Problem to solve
Only the stretch of the listing below that runs from the line with "impl Model for HeldPacket" through the line with "packets to come." is to be printed, exactly and with both ends.

Records to use
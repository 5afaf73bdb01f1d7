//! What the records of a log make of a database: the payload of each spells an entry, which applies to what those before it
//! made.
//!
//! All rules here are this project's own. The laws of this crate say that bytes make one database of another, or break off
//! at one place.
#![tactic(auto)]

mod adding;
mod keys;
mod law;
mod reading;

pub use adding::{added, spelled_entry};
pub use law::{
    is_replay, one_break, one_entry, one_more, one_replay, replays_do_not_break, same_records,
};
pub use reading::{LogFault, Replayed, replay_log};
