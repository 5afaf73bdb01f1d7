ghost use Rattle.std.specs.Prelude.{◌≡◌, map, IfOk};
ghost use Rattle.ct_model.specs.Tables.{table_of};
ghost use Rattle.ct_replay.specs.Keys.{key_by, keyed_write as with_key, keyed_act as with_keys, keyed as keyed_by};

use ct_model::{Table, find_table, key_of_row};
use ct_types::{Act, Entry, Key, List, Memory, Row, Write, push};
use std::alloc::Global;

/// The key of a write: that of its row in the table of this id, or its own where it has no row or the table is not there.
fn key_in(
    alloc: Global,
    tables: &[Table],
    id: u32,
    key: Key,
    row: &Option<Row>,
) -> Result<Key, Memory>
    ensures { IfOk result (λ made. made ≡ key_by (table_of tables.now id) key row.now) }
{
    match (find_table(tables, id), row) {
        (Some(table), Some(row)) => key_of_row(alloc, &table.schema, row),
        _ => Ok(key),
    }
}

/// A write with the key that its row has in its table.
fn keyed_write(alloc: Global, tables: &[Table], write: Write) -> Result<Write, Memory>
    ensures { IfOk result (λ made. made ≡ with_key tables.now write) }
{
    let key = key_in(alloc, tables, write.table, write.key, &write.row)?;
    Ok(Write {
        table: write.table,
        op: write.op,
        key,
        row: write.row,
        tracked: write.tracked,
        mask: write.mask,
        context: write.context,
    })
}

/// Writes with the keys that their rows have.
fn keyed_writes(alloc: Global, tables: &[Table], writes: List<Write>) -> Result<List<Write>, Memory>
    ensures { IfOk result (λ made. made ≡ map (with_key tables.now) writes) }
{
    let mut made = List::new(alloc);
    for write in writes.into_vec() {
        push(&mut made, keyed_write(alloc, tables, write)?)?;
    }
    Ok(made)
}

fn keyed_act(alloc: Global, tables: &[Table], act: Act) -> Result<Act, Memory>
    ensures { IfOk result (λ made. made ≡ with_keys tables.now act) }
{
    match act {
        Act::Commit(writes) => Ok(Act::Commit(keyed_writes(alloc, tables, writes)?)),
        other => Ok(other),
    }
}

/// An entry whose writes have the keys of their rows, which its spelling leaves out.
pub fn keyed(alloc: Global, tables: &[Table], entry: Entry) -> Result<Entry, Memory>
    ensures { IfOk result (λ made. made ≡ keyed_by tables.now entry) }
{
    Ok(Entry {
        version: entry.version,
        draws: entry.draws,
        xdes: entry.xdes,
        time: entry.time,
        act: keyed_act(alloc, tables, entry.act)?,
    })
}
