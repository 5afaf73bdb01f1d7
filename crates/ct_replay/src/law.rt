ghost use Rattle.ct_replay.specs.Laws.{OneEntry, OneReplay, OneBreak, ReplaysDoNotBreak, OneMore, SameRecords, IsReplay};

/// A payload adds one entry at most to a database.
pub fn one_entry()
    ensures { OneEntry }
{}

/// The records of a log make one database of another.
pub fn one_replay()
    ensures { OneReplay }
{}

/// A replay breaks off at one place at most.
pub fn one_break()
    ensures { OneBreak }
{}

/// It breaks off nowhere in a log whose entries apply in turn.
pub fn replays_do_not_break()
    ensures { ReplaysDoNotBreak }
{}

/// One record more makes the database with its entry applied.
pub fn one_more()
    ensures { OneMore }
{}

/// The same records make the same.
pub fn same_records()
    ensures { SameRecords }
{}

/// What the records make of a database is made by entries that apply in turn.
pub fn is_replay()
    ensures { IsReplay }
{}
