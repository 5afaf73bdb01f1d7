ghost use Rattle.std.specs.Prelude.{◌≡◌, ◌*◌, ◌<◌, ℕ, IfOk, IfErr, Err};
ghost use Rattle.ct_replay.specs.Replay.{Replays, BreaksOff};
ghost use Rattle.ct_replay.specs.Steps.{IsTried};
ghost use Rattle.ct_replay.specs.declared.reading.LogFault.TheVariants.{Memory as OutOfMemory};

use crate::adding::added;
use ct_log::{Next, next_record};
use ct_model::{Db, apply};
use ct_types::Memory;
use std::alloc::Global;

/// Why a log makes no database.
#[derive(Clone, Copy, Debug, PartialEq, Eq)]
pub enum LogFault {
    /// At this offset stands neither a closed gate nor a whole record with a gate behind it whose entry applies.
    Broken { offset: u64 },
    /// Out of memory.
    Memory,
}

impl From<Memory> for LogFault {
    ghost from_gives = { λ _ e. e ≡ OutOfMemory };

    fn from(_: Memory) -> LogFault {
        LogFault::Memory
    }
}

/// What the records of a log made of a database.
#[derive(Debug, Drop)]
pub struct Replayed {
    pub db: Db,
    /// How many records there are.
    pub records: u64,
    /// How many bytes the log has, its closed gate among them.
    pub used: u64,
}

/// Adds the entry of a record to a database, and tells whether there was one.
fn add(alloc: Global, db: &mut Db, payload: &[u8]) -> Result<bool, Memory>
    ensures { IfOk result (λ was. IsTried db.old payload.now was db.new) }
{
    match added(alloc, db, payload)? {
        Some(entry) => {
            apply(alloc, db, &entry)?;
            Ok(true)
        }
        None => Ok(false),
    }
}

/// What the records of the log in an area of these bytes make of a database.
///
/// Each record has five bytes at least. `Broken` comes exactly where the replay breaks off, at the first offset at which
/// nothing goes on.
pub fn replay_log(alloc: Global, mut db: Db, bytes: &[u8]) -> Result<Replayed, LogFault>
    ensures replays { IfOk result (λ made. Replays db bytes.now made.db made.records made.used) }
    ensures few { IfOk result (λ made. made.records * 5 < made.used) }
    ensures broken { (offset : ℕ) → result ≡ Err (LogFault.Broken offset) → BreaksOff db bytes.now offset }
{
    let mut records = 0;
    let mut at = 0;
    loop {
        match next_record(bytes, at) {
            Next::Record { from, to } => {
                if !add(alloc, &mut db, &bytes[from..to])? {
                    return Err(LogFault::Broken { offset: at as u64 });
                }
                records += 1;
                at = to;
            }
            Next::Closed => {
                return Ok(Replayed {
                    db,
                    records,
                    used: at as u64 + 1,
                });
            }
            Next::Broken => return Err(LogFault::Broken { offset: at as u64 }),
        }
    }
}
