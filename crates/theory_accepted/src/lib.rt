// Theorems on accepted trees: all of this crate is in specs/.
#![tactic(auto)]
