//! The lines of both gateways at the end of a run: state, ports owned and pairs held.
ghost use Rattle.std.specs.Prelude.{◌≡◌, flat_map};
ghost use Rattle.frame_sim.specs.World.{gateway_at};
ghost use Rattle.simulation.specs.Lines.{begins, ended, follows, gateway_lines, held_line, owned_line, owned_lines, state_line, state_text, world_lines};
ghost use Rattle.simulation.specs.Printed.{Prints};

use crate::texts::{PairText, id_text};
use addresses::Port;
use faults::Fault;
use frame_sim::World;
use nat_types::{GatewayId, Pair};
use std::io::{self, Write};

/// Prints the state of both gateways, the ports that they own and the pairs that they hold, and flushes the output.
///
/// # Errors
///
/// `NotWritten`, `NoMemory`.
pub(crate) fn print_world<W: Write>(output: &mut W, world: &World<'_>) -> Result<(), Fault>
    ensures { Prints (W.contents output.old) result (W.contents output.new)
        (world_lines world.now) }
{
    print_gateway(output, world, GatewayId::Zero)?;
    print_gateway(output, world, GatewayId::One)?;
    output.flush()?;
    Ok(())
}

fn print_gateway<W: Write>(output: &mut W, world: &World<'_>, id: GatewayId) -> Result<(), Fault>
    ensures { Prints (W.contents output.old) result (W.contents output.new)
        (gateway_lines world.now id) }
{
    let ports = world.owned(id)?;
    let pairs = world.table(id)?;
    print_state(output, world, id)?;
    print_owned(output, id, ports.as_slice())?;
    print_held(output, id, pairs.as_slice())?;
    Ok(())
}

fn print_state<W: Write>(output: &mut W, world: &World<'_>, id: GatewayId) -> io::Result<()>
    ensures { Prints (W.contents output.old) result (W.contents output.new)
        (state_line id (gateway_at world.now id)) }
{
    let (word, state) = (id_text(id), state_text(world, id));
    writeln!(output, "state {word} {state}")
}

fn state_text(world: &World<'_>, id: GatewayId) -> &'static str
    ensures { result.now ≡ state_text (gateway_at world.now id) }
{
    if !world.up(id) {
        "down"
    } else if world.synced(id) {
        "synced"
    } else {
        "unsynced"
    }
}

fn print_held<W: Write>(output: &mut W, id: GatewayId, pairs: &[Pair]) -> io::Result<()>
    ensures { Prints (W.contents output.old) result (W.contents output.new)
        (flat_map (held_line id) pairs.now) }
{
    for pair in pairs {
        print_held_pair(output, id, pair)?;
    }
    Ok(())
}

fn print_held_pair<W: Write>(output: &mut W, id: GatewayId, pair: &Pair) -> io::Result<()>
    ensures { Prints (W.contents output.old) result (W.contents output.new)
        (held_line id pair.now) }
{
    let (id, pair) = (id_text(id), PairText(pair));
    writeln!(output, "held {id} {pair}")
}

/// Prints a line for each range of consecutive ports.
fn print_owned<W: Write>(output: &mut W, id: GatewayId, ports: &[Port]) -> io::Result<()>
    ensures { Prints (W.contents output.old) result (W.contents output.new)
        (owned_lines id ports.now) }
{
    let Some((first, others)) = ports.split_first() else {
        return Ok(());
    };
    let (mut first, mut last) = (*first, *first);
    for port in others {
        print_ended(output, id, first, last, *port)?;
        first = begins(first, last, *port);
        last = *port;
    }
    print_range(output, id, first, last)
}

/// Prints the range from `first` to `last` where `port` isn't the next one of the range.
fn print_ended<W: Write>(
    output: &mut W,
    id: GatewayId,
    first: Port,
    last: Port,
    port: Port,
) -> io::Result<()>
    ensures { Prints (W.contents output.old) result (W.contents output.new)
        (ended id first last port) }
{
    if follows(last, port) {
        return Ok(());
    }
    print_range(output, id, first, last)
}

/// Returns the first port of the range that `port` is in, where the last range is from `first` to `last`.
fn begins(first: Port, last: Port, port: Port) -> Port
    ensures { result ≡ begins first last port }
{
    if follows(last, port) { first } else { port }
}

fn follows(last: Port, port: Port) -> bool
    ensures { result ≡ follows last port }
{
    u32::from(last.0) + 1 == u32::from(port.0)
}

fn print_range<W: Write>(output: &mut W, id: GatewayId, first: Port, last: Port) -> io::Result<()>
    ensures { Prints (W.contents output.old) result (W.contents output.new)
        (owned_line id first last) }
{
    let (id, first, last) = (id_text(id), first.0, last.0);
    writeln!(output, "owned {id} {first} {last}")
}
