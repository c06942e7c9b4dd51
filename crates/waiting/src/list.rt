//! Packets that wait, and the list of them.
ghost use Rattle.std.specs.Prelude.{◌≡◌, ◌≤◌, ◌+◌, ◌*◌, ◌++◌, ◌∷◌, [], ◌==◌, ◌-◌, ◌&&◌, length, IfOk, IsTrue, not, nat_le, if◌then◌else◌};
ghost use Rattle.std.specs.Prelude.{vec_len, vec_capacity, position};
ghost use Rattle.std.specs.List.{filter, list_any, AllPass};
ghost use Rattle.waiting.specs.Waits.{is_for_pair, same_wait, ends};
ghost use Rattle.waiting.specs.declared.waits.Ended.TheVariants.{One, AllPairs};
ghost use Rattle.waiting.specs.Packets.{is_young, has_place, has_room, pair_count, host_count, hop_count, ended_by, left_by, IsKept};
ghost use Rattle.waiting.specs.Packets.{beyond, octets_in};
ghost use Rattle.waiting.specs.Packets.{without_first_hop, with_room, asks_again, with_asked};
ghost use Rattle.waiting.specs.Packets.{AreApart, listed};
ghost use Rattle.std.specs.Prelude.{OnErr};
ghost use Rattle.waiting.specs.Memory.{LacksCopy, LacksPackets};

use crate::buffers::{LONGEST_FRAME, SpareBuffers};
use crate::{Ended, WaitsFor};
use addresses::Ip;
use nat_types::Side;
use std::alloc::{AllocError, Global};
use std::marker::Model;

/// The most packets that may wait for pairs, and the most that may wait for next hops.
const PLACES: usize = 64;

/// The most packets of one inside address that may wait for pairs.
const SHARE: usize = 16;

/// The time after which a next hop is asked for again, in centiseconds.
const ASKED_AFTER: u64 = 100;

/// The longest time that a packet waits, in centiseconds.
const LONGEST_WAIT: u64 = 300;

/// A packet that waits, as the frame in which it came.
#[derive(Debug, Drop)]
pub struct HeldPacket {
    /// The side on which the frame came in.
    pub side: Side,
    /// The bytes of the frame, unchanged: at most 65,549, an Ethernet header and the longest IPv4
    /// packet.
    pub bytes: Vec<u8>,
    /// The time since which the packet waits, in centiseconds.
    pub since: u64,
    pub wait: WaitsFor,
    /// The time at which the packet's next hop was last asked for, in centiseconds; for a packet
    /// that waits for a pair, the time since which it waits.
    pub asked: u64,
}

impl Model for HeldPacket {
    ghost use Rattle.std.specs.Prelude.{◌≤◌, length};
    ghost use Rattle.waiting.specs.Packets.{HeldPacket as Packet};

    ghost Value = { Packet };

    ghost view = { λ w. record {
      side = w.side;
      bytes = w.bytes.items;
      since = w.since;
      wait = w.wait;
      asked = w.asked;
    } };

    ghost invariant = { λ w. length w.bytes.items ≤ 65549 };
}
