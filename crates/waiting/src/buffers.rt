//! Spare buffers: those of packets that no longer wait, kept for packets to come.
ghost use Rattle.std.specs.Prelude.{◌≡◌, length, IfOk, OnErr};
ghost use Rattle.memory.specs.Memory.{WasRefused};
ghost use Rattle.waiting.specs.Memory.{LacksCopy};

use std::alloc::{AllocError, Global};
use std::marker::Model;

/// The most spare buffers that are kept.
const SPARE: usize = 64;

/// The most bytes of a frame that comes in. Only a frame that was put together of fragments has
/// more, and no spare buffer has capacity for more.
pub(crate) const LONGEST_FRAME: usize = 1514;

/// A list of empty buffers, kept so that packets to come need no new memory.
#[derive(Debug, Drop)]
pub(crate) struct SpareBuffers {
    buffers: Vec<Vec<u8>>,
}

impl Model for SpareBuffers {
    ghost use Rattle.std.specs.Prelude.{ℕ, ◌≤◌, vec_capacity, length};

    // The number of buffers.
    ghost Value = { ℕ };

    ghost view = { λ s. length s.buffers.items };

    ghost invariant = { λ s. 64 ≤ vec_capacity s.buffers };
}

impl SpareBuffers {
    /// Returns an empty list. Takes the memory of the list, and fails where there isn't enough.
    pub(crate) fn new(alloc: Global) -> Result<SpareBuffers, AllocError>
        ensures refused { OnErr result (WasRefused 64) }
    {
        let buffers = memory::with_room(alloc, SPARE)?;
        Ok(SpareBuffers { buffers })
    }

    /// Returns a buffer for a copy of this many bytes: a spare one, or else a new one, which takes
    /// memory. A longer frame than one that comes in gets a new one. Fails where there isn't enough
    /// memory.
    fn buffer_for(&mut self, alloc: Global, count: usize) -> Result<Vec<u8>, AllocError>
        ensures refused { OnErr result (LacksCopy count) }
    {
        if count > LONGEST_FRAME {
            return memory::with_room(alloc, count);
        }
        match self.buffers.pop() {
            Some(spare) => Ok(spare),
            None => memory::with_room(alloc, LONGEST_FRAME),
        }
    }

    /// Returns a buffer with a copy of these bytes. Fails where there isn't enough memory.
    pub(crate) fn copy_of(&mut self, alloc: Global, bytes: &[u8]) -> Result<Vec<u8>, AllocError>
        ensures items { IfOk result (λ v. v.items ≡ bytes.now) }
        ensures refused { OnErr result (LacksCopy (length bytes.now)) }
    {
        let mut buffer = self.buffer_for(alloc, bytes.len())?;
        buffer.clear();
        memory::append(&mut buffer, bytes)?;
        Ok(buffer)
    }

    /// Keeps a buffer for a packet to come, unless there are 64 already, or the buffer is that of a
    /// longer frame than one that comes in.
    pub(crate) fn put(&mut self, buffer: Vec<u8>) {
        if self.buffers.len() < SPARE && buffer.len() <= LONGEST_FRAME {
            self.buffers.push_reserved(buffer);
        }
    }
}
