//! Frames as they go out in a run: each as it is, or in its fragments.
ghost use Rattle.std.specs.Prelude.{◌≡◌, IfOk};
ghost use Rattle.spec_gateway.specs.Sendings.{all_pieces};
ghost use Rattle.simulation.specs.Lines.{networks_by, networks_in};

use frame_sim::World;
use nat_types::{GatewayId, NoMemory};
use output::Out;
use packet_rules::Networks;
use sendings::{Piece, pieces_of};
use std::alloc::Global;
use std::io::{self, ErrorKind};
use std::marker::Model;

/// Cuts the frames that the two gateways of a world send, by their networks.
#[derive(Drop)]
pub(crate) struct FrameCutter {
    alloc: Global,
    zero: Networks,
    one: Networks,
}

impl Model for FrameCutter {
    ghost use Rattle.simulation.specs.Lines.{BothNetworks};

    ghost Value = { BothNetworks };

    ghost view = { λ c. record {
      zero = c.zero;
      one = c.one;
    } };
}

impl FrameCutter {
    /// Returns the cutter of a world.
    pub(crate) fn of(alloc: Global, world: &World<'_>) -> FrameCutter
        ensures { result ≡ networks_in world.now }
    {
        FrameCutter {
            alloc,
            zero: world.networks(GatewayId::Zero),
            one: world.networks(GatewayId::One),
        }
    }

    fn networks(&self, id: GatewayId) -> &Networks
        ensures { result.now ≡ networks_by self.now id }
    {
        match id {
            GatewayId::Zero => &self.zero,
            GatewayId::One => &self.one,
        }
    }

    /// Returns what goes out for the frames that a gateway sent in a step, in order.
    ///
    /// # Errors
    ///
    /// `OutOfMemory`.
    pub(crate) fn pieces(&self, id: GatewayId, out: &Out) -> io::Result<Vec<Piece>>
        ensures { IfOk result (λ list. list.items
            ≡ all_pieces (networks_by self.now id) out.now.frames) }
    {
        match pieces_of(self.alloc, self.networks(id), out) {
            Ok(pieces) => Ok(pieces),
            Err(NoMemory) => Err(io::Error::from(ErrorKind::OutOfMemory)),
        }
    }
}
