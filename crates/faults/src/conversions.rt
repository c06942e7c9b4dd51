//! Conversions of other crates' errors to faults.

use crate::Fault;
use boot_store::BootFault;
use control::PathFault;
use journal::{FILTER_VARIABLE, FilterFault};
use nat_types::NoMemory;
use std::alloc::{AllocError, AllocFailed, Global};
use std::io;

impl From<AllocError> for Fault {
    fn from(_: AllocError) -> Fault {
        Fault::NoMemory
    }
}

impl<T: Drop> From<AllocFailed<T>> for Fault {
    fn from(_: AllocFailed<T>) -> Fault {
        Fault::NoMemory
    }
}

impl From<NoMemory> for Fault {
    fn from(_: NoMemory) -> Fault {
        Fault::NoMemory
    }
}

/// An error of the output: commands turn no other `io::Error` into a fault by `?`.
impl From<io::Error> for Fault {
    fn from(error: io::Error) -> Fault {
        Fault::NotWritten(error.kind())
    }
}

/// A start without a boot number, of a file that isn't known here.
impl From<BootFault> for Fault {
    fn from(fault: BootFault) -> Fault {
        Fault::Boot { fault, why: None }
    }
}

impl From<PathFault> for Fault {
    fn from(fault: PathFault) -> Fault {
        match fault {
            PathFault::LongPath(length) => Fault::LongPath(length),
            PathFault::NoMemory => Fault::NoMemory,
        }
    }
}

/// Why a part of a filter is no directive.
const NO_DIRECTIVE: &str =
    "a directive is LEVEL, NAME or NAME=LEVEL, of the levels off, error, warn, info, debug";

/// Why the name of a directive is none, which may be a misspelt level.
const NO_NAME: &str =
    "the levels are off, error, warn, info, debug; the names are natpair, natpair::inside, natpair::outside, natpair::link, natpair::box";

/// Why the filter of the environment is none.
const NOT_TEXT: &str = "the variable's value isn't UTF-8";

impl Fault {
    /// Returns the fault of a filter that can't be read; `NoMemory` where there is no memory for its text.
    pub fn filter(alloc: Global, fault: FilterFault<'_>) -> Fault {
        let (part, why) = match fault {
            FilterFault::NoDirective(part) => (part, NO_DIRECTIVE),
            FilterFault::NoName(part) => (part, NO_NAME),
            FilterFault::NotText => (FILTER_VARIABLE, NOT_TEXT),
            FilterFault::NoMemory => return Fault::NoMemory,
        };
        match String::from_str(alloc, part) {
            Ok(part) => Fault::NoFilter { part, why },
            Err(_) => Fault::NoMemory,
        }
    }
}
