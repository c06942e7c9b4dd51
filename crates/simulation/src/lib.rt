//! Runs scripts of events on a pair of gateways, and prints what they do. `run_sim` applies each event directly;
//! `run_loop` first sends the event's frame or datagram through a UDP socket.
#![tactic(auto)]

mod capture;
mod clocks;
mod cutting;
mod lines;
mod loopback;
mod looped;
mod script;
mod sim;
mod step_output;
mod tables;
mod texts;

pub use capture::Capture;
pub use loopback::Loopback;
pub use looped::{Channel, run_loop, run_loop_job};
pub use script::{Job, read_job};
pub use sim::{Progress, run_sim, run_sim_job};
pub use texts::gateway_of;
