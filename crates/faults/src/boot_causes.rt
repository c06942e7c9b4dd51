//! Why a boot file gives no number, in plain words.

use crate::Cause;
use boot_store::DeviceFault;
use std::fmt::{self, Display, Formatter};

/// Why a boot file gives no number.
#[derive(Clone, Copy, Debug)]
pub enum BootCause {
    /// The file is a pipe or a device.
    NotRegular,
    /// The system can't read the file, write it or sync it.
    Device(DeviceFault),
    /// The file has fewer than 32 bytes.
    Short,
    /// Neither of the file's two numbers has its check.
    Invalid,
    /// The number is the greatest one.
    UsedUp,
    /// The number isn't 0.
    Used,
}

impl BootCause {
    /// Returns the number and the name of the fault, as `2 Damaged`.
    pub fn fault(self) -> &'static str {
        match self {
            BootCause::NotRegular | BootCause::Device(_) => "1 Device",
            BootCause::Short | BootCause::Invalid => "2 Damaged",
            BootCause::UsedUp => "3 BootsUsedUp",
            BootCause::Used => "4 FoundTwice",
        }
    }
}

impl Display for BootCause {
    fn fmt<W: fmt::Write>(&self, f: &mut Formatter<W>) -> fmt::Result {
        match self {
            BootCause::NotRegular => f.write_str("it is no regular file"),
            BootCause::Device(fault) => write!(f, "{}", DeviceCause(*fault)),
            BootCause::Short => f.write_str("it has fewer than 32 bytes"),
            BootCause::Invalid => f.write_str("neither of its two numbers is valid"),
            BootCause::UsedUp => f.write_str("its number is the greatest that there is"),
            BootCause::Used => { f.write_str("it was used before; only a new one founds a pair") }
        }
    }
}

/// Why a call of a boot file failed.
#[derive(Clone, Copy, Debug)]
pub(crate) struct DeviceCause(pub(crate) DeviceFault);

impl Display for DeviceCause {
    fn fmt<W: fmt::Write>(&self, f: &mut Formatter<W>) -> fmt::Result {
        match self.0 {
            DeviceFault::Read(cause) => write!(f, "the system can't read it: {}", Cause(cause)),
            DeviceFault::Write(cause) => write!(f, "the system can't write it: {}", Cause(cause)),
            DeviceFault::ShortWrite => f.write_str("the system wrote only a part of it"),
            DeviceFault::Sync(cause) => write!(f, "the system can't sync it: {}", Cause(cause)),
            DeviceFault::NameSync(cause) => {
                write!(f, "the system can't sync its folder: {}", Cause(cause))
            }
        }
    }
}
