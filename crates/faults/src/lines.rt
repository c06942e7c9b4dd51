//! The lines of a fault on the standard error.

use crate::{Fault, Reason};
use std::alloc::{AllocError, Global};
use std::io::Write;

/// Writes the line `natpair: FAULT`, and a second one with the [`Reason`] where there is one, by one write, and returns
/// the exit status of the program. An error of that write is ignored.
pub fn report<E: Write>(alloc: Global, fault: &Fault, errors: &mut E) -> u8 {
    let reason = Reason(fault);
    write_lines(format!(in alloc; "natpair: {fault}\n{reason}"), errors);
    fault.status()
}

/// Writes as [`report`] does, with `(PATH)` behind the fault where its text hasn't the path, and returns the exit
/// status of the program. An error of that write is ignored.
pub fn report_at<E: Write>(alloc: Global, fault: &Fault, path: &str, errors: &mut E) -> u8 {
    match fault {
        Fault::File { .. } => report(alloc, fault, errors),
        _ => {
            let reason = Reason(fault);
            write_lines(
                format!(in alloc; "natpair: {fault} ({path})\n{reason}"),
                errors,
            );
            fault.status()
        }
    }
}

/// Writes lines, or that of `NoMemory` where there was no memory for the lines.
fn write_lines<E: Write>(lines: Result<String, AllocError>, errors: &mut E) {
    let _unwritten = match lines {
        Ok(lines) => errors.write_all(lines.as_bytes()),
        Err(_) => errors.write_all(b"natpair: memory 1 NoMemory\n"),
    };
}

Result of the exercise
impl Model for HeldPacket {
    ghost use Rattle.std.specs.Prelude.{◌≤◌, length};
    ghost use Rattle.waiting.specs.Packets.{HeldPacket as Packet};

    ghost Value = { Packet };

    ghost view = { λ w. record {
      side = w.side;
      bytes = w.bytes.items;
      since = w.since;
      wait = w.wait;
      asked = w.asked;
    } };

    ghost invariant = { λ w. length w.bytes.items ≤ 65549 };
}
filename crates/waiting/src/buffers.rt
//! Spare buffers: those of packets that no longer wait, kept for packets to come.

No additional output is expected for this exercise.